# Cross Over / Tool Box type Kennel



## NickR (Oct 2, 2015)

I was hoping to get everyone's opinion on the tool box type kennels. I know the concerns with ventilation in hot and cold months which I plan to combat with insulation and Cooling abilities. My main concern is the size of the kennel being as they only go to the top of the bed (on my truck this is only 20") of the truck, I am worried that the kennel is not tall enough for my dog which is a 70lb BLM who is approximately 23" tall to his back. I only have one dog so he could have the whole entire area of the tool box but is it too short?
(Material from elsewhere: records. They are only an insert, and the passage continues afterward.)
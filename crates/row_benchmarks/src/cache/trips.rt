//! Changes, and their ways back.
use crate::changes::{change_of, path};
use dentry_cache::Keeper;
use directory_tree::Change;

/// The kinds of change that are timed.
pub(crate) const KINDS: [&str; 8] = [
    "mkdir", "create", "symlink", "link", "unlink", "rmdir", "rename", "replace",
];

/// A change, and what undoes it: one more change, or two.
#[derive(Drop)]
pub(crate) struct Trip {
    pub there: Change<'static>,
    back: Change<'static>,
    rest: Option<Change<'static>>,
}

impl Trip {
    /// Undoes the change, and returns whether that was done.
    pub(crate) fn undo(&self, keeper: &mut Keeper) -> bool {
        keeper.apply(&self.back).is_ok()
            && match &self.rest {
                Some(rest) => keeper.apply(rest).is_ok(),
                None => true,
            }
    }
}

/// The change of a kind, and its way back.
pub(crate) fn trip_of(kind: &[u8]) -> Option<Trip> {
    let rest = match kind {
        b"replace" => Some(Change::Create(path(b"/other")?)),
        _ => None,
    };
    Some(Trip {
        there: change_of(kind)?,
        back: back_of(kind)?,
        rest,
    })
}

// What undoes the change of a kind, except that a file that was replaced has to be created again.
fn back_of(kind: &[u8]) -> Option<Change<'static>> {
    let (file, new) = (path(b"/file")?, path(b"/new")?);
    let (empty, other) = (path(b"/empty")?, path(b"/other")?);
    match kind {
        b"mkdir" => Some(Change::Rmdir(new)),
        b"create" | b"symlink" | b"link" => Some(Change::Unlink(new)),
        b"unlink" => Some(Change::Create(file)),
        b"rmdir" => Some(Change::Mkdir(empty)),
        b"rename" => Some(Change::Rename(new, file)),
        b"replace" => Some(Change::Rename(other, file)),
        _ => None,
    }
}
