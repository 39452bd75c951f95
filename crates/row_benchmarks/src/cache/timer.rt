//! What one thread does, timed.
ghost use Rattle.std.specs.Prelude.{◌≡◌};

use super::attempts::{Aim, Tally, walk_often};
use super::draws::draw_changes;
use super::numbered::{Numbers, walk_numbers};
use super::trips::Trip;
use dentry_cache::{Keeper, Walker};
use std::io;
use std::rt::Clock;
use std::time::{Duration, Instant};

/// How long `count` changes took, without their undoing; none where one wasn't made.
pub(crate) fn time_changes<R: Clock>(
    rt: &R,
    keeper: &mut Keeper,
    trip: &Trip,
    count: u64,
) -> io::Result<Option<Duration>> {
    let mut took = Duration::ZERO;
    for _ in 0..count {
        let start = Instant::now(rt)?;
        let is_made = keeper.apply(&trip.there).is_ok();
        took = took.saturating_add(start.elapsed(rt)?);
        if !is_made || !trip.undo(keeper) {
            return Ok(None);
        }
    }
    Ok(Some(took))
}

/// How long the same takes where nothing is changed: this part of each time is the clock's.
pub(crate) fn time_clock<R: Clock>(rt: &R, count: u64) -> io::Result<Duration> {
    let mut took = Duration::ZERO;
    for _ in 0..count {
        let start = Instant::now(rt)?;
        took = took.saturating_add(start.elapsed(rt)?);
    }
    Ok(took)
}

/// How long `count` attempts took, and their outcome.
pub(crate) fn time_attempts<R: Clock>(
    rt: &R,
    walker: Walker,
    aim: Aim<'_>,
    count: u64,
) -> io::Result<(Duration, Tally)> {
    let start = Instant::now(rt)?;
    let (_, tally) = walk_often(walker, aim, count);
    Ok((start.elapsed(rt)?, tally))
}

/// How long `count` attempts to reach numbers took, and their outcome; none if there are no numbers.
pub(crate) fn time_numbers<R: Clock>(
    rt: &R,
    walker: Walker,
    numbers: Numbers<'_>,
    count: u64,
) -> io::Result<Option<(Duration, Tally)>> {
    let start = Instant::now(rt)?;
    let Some((_, tally)) = walk_numbers(walker, numbers, count) else {
        return Ok(None);
    };
    Ok(Some((start.elapsed(rt)?, tally)))
}

/// How long it took to draw `drawn` changes and make them, and how many were made; none if one is refused.
pub(crate) fn time_drawn<R: Clock>(
    rt: &R,
    keeper: &mut Keeper,
    are_there: &mut [bool],
    drawn: u64,
) -> io::Result<Option<(Duration, u64)>> {
    let start = Instant::now(rt)?;
    let Some(made) = draw_changes(keeper, are_there, drawn) else {
        return Ok(None);
    };
    Ok(Some((start.elapsed(rt)?, made)))
}

/// How long a walker took to meet its keeper `count` times; none where no walker can be had.
pub(crate) fn time_meets<R: Clock>(
    rt: &R,
    keeper: &mut Keeper,
    count: u64,
) -> io::Result<Option<Duration>> {
    let Ok(mut walker) = keeper.walker() else {
        return Ok(None);
    };
    let start = Instant::now(rt)?;
    for _ in 0..count {
        keeper.meet(&mut walker);
    }
    Ok(Some(start.elapsed(rt)?))
}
The guy that has it for sale kept a 90lb Cur in there and preferred the dog not be able to stand up for its own safety during travel. I think that is probably OK for short trips which is usually what I do (1-2 hours) but there is times he is stuck in there most of the day at training days and test, along with our annual trip to Canada. Any thoughts or experience from guys who have had one of these types of boxes. I am just hoping to forego lugging my kennel in and out of my truck. 

Thanks in advance.


----------



## Nick Toti (Feb 3, 2011)

NickR said:


> I was hoping to get everyone's opinion on the tool box type kennels. I know the concerns with ventilation in hot and cold months which I plan to combat with insulation and Cooling abilities. My main concern is the size of the kennel being as they only go to the top of the bed (on my truck this is only 20") of the truck, I am worried that the kennel is not tall enough for my dog which is a 70lb BLM who is approximately 23" tall to his back. I only have one dog so he could have the whole entire area of the tool box but is it too short? The guy that has it for sale kept a 90lb Cur in there and preferred the dog not be able to stand up for its own safety during travel. I think that is probably OK for short trips which is usually what I do (1-2 hours) but there is times he is stuck in there most of the day at training days and test, along with our annual trip to Canada. Any thoughts or experience from guys who have had one of these types of boxes. I am just hoping to forego lugging my kennel in and out of my truck.
> 
> Thanks in advance.


I had an Ainley Toolbox style, loved it. If it's only a 2 hole there's plenty of room as long as they can lay down unimpeded. You don't want them standing up anyway, for safety reasons. On road trips I stop every 3 hours to stretch mine and the dogs legs, they're fine.


----------



## NickR (Oct 2, 2015)

Thank you for the reply. I ended up buying one this weekend and plan on doing some modifications to make it just right.


----------



## Daren Galloway (Jun 28, 2012)

I had one, absolutely no issues with heat in the Iowa 90 degree 9000% humidity.


----------